I could talk about both of these things all day, but today I'll focus on writing.
The more often you write, the more you train your writing "muscle". Knowing this, I wondered whether I could find short exercises to keep me writing in-between working on blog posts like this one. On my days off I like to read a lot and not write much, but if an extra 10 minutes of writing every day could improve my work I'd be happy to put in that little bit of effort.
I searched online for writing exercises to try but I found they all seemed to relate to creative writing and fiction. I didn't want to write about a time I felt sad, or one of my hobbies, or a family member. Those exercises make me feel like I'm in school (most of them are designed for creative writing classes).
I wanted ways to improve my own style of non-fiction, research-based blogging, but nobody seems to be focusing on that. So I came up with some of my own exercises and tried them out over the past couple of weeks to see how well they worked. I kept the exercises to 10 minutes max so I could easily fit one in every morning if I wanted to make them part of my daily routine.
I also sent them out to some of my favourite content writers to see how they fared. I asked each writer to pick as many exercises as they liked, test them out (adjusting the instructions if needed), and let me know what their experience was like.

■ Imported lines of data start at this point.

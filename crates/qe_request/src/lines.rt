//! Lines, read as operations.
ghost use Rattle.std.specs.Prelude.{◌≡◌, option_map, Err, IfOk, IsTrue};
ghost use Rattle.serde_json.specs.View.{view};
ghost use Rattle.qe_reading.specs.CarriedOut.{is_carried_out};
ghost use Rattle.qe_writing.specs.WriteFits.{op_fits};
ghost use Rattle.qe_forms.specs.Request.{json_of, asked_of, asks, not_json, unbuilt};

use crate::operations::request;
use qe_base::{Memory, Op};
use qe_schema::Schema;
use serde_json::{Category, Value as Json};
use std::alloc::Global;

/// Why a line has no operation.
#[derive(Clone, Copy, Debug, PartialEq, Eq)]
pub enum LineFault {
    /// It isn't JSON.
    NotJson,
    /// It is no request that is carried out yet.
    Unbuilt,
    /// An allocation was refused.
    Memory,
}

impl From<Memory> for LineFault {
    ghost use Rattle.qe_request.specs.declared.lines.LineFault.TheVariants as fault;

    ghost from_gives = { λ _ found. found ≡ fault.Memory };

    fn from(_: Memory) -> LineFault {
        LineFault::Memory
    }
}

fn json_in(alloc: Global, text: &[u8]) -> Result<Option<Json>, Memory>
    ensures { IfOk result (λ found. option_map view found ≡ json_of text.now) }
{
    match Json::from_slice(alloc, text) {
        Ok(json) => Ok(Some(json)),
        Err(error) => match error.classify() {
            Category::Memory => Err(Memory),
            _ => Ok(None),
        },
    }
}

/// The operation that a line asks for, which fits the schema and is carried out so far. Want of memory aside,
/// it is refused just where the line isn't JSON, or is no request that is carried out yet.
pub fn read_line(alloc: Global, schema: &Schema, text: &[u8]) -> Result<Op, LineFault>
    ensures ok { IfOk result (λ op. asked_of schema.now text.now ≡ asks op) }
    ensures fits { IfOk result (λ op. IsTrue (op_fits schema.now op)) }
    ensures carried { IfOk result (λ op. IsTrue (is_carried_out schema.now op)) }
    ensures not_json { result ≡ Err LineFault.NotJson → asked_of schema.now text.now ≡ not_json }
    ensures unbuilt { result ≡ Err LineFault.Unbuilt → asked_of schema.now text.now ≡ unbuilt }
{
    schema.is_sound();
    let Some(json) = json_in(alloc, text)? else {
        return Err(LineFault::NotJson);
    };
    request(alloc, schema, &json)?.ok_or(LineFault::Unbuilt)
}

At the bottom of this post I've included links to some writing prompt collections (writing prompts are things like "where are you from?" and "write about your favourite food") and random word generators. I'll mention in the exercise instructions when I think one of these tools will be particularly handy.
1. Free writing: improve your ability to write on demand
There's a concept called Morning Pages heralded by Julia Cameron that suggests you write 750 words (roughly three sheets of paper) every morning. The idea is that you write without stopping—a stream-of-consciousness about whatever's on your mind. There's even a web app to help you stick to this goal called 750 Words.

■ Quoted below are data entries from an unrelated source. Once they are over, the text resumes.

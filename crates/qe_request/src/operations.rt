//! Requests, read as operations.
ghost use Rattle.std.specs.Prelude.{◌≡◌, ◌<◌, ◌≤◌, [], ◌∷◌, length, map, codes, option_map, option_and_then, IfOk};
ghost use Rattle.std.specs.List.{enumerate_from};
ghost use Rattle.serde_json.specs.Find.{get};
ghost use Rattle.serde_json.specs.View.{view};
ghost use Rattle.qe_schema.specs.Tables.{table_at};
ghost use Rattle.qe_forms.specs.Request.{is_object_of, alone as only, whole_pick as all_columns, create_of as create_by, find_of as find_by_id, op_by as op_by_action, op_of as op_by_guard, request_of};

use crate::members::{alone, counts, has, text_at};
use crate::scalars::{value_at, values_of};
use crate::simple::{id_columns, is_simple};
use qe_base::{Column, Create, Filter, Items, Memory, Op, Pick, Row, Table, TableId, Unique};
use qe_schema::Schema;
use serde_json::Value as Json;
use std::alloc::Global;

fn column_numbers(alloc: Global, columns: &[Column]) -> Result<Items<u16>, Memory>
    requires { length columns.now ≤ 128 }
    ensures { IfOk result (λ numbers. numbers ≡ map (λ numbered. numbered.0) (enumerate_from 0 columns.now)) }
{
    let mut numbers = Items::new(alloc);
    for (number, _) in columns.iter().enumerate() {
        numbers.push(number as u16)?;
    }
    Ok(numbers)
}

fn whole_pick(alloc: Global, table: &Table) -> Result<Pick, Memory>
    requires { length table.now.columns ≤ 128 }
    ensures { IfOk result (λ pick. pick ≡ all_columns table.now) }
{
    let columns = column_numbers(alloc, table.columns.as_slice())?;
    Ok(Pick {
        columns,
        counts: Items::new(alloc),
        children: Items::new(alloc),
    })
}

/// The create of a table that the data asks for.
pub fn create_of(
    alloc: Global,
    id: TableId,
    table: &Table,
    json: &Json,
) -> Result<Option<Op>, Memory>
    requires { length table.now.columns ≤ 128 }
    ensures { IfOk result (λ found. found ≡ create_by id table.now (view json.now)) }
{
    let Some(values) = values_of(alloc, table.columns.as_slice(), json)? else {
        return Ok(None);
    };
    let pick = whole_pick(alloc, table)?;
    let tree = Create {
        values,
        nested: Items::new(alloc),
    };
    Ok(Some(Op::Create {
        table: id,
        tree,
        pick,
    }))
}

/// The row of a table that the object asks for by its id.
pub fn find_of(alloc: Global, id: TableId, table: &Table, json: &Json) -> Result<Option<Op>, Memory>
    requires { length table.now.columns ≤ 128 }
    ensures { IfOk result (λ found. found ≡ find_by_id id table.now (view json.now)) }
{
    let [number] = id_columns(table) else {
        return Ok(None);
    };
    let Some(found) = value_at(alloc, table.columns.as_slice(), *number, json)? else {
        return Ok(None);
    };
    let pick = whole_pick(alloc, table)?;
    let mut values = Items::new(alloc);
    values.push(found)?;
    let at = Unique {
        key: 0,
        values: Row::new(alloc, values)?,
        extra: Filter::All(Items::new(alloc)),
    };
    Ok(Some(Op::FindUnique {
        table: id,
        at,
        strict: false,
        pick,
    }))
}

fn table_of(schema: &Schema, id: TableId) -> &Table
    requires { id.0 < length schema.now.tables }
    ensures table { result.now ≡ table_at schema.now id.0 }
    ensures few { length result.now.columns ≤ 128 }
{
    schema.is_sound();
    schema.table(id).unwrap()
}

fn op_by(
    alloc: Global,
    id: TableId,
    table: &Table,
    action: &str,
    arguments: &Json,
) -> Result<Option<Op>, Memory>
    requires { length table.now.columns ≤ 128 }
    ensures { IfOk result (λ found. found ≡ op_by_action id table.now action.now (view arguments.now)) }
{
    if action == "create" {
        match alone(arguments, "data") {
            Some(json) => create_of(alloc, id, table, json),
            None => Ok(None),
        }
    } else if action == "findUnique" {
        match alone(arguments, "where") {
            Some(json) => find_of(alloc, id, table, json),
            None => Ok(None),
        }
    } else {
        Ok(None)
    }
}

fn op_of(
    alloc: Global,
    schema: &Schema,
    id: TableId,
    action: &str,
    arguments: &Json,
) -> Result<Option<Op>, Memory>
    requires { id.0 < length schema.now.tables }
    ensures { IfOk result (λ found. found ≡ op_by_guard schema.now id action.now (view arguments.now)) }
{
    let table = table_of(schema, id);
    if !is_simple(table) {
        return Ok(None);
    }
    op_by(alloc, id, table, action, arguments)
}

fn arguments_of(json: &Json) -> Option<&Json>
    ensures { option_map (λ found. view found.now) result ≡ option_and_then (only (codes "arguments")) (get (codes "query") (view json.now)) }
{
    match json.get("query") {
        Some(query) => alone(query, "arguments"),
        None => None,
    }
}

#[tactic(auto, using(crate::proofs::Objects::object_is))]
fn is_request(json: &Json) -> bool
    ensures { result ≡ is_object_of (codes "action" ∷ codes "modelName" ∷ codes "query" ∷ []) (view json.now) }
{
    counts(json, 3) && has(json, "action") && has(json, "modelName") && has(json, "query")
}

/// The operation that a value is a request of, which is carried out so far.
pub fn request(alloc: Global, schema: &Schema, json: &Json) -> Result<Option<Op>, Memory>
    ensures { IfOk result (λ found. found ≡ request_of schema.now (view json.now)) }
{
    if !is_request(json) {
        return Ok(None);
    }
    let Some(name) = text_at(json, "modelName") else {
        return Ok(None);
    };
    let Some(id) = schema.find(name) else {
        return Ok(None);
    };
    let Some(action) = text_at(json, "action") else {
        return Ok(None);
    };
    let Some(arguments) = arguments_of(json) else {
        return Ok(None);
    };
    op_of(alloc, schema, id, action, arguments)
}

But 750 words takes a lot longer than 10 minutes for most of us. That doesn't mean you shouldn't aim for 750 words, but you might want to start with a 10-minute exercise if you're short on time.

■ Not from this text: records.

//! The sums that a plan wants, kept, and those that it brings, taken.
ghost use Rattle.std.specs.Prelude.{◌⊎◌, ◌-◌, ◌≤◌, Bool, List, false, length, true};
ghost use Rattle.std.specs.Prelude.{vec_capacity, vec_len};
ghost use Rattle.std.specs.Bool.{Decides};
ghost use Rattle.std.specs.List.{AllByRecursion, Contains};
ghost use Rattle.sample_book.specs.declared.Exclusion.{Exclusion};
ghost use Rattle.sample_book.specs.declared.Row.{Row};
ghost use Rattle.office_history.specs.declared.Measure.{Measure};
ghost use Rattle.kept_sums.specs.Objectives.{AreKept, key_by, keys_by};
ghost use Rattle.kept_sums.specs.Plans.{IsReady, wanted_keys};
ghost use Rattle.kept_sums.specs.declared.kept.ObjectiveSums.{ObjectiveSums};

use crate::kept::{KeptSums, ObjectiveSums, name_by};
use crate::plan::{ListPlan, SumsPlan};

/// Keeps what a plan wants of the sums that were there and of those that it brings, with no memory.
/// What is kept then stands in the order of the names in which it is looked for.
fn take_list(objectives: &mut Vec<ObjectiveSums>, pool: bool, mut plan: ListPlan)
    requires room { length plan.made.items
        ≤ vec_capacity objectives.old - vec_len objectives.old }
    ensures sums { (made : List (Exclusion × Bool)) (rows : List Row)
        → AreKept made rows objectives.old.items → AreKept made rows plan.made.items
        → AreKept made rows objectives.new.items }
    ensures wanted { AllByRecursion (λ (kept : ObjectiveSums).
        Contains (wanted_keys pool plan) (key_by pool kept.measure)) objectives.new.items }
    ensures there { (key : Measure) → Contains (wanted_keys pool plan) key
        → Contains (keys_by pool objectives.old.items) key
        ⊎ Contains (keys_by pool plan.made.items) key
        → Contains (keys_by pool objectives.new.items) key }
{
    objectives.append(&mut plan.made).unwrap();
    objectives.retain(
        |kept: &ObjectiveSums| -> bool
            ensures { Decides result
                (Contains (wanted_keys pool plan) (key_by pool kept.now.measure)) }
        { plan.wants(pool, &kept.measure) },
    );
    objectives.sort_unstable_by_key(|kept| name_by(pool, &kept.measure));
}

impl KeptSums {
    /// Keeps what a plan wants of the sums that were there and of those that it brings. There is
    /// room for these, and no memory is taken.
    pub fn take(&mut self, plan: SumsPlan)
        requires ready { IsReady self.old plan }
        ensures own { (made : List (Exclusion × Bool)) (rows : List Row)
            → AreKept made rows self.old.own → AreKept made rows plan.own.made.items
            → AreKept made rows self.new.own }
        ensures pooled { (made : List (Exclusion × Bool)) (rows : List Row)
            → AreKept made rows self.old.pooled → AreKept made rows plan.pooled.made.items
            → AreKept made rows self.new.pooled }
        ensures own_wanted { AllByRecursion (λ (kept : ObjectiveSums).
            Contains (wanted_keys false plan.own) (key_by false kept.measure)) self.new.own }
        ensures pooled_wanted { AllByRecursion (λ (kept : ObjectiveSums).
            Contains (wanted_keys true plan.pooled) (key_by true kept.measure)) self.new.pooled }
        ensures own_there { (key : Measure) → Contains (wanted_keys false plan.own) key
            → Contains (keys_by false self.new.own) key }
        ensures pooled_there { (key : Measure) → Contains (wanted_keys true plan.pooled) key
            → Contains (keys_by true self.new.pooled) key }
    {
        let SumsPlan { own, pooled } = plan;
        take_list(&mut self.own, false, own);
        take_list(&mut self.pooled, true, pooled);
    }
}
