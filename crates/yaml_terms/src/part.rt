//! Where a one-line list stands, byte by byte.

/// Where the reading of a one-line list stands.
#[derive(Clone, Copy, Drop)]
pub enum Part {
    /// An item, or the closing bracket, may begin.
    Want,
    /// Within a plain item.
    Plain,
    /// Within a single-quoted item.
    Single,
    /// Before the second quote of a doubled one.
    Doubled,
    /// Within a double-quoted item.
    Double,
    /// Behind a backslash.
    Escape,
    /// Behind a quoted item.
    After,
    /// Within something that is no item.
    Broken,
    /// Behind the closing bracket.
    Closed,
    /// Within a comment, or behind what ends the reading.
    Over,
}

Still, the idea of free writing can be beneficial. Personally, I'm not a fan of spending time writing when I know I'll throw away the results. I've learned to maximise the efficiency of the time I spend writing, and to treasure every word I squeeze out.
If you're like me, and you think it's a waste of time—even for 10 minutes—to waffle on about your breakfast (see what I did there?) in a journal every morning, here's what free writing could do for you that you're missing:
It teaches you to write on cue.
If you're a writer, you know how useful this could be. How many times have you sat, staring at a blank page, willing the words to come? Often it's not for lack of inspiration that I can't write—I just can't find the right mood to get me going.
Wouldn't you give up 10 minutes a day to stop wasting hours staring at a blank page?
See, writing works like a muscle. The more you work it, the better you get at it. And the cool thing is, you can train it to work how you want. So if you sit down at the same time every day for 10 minutes to write, it'll start coming more easily as your brain gets used to that schedule. You're training yourself to be able to write on cue.
I've actually done this in the past without focusing specifically on free writing. For a few months I made myself write (drafting only, no editing) from 6-7am every morning. Once it became a routine I got used to being able to pour out the words on cue and my output increased due to all the early morning drafting.
Choose a time when you can write for 10 minutes every day, uninterrupted. Set an alarm to remind you, and sit down to write about whatever's on your mind when the alarm goes off—no matter what. I like to use the Sessions iOS app to time my writing and let me know when I've put in my 10 minutes.
To make it even more useful, try writing in the same place with the same tools every day. This will help when you've got blank page syndrome at some time other than when you're used to hearing your alarm go off, since the rest of your setup will still be familiar enough to trigger your writing muscle into action.
Tip: a writing prompt would work well for this exercise. You want to focus on putting words on the page, not thinking about what to write.
You could also relate this exercise to your work by writing about marketing opportunities for your business, for instance, or challenging yourself to write about your company's ideal customer. When I was writing every morning at 6am, I would always choose a topic to work on the night before so all I had to do in the morning was write.
The Zapier team works remotely, so Matt uses his morning to catch up on what his teammates have been doing. Instead of free writing first thing in the morning, he tried using this exercise later in the workday when he was ready to work on projects and "sometimes it's hard to switch gears and focus".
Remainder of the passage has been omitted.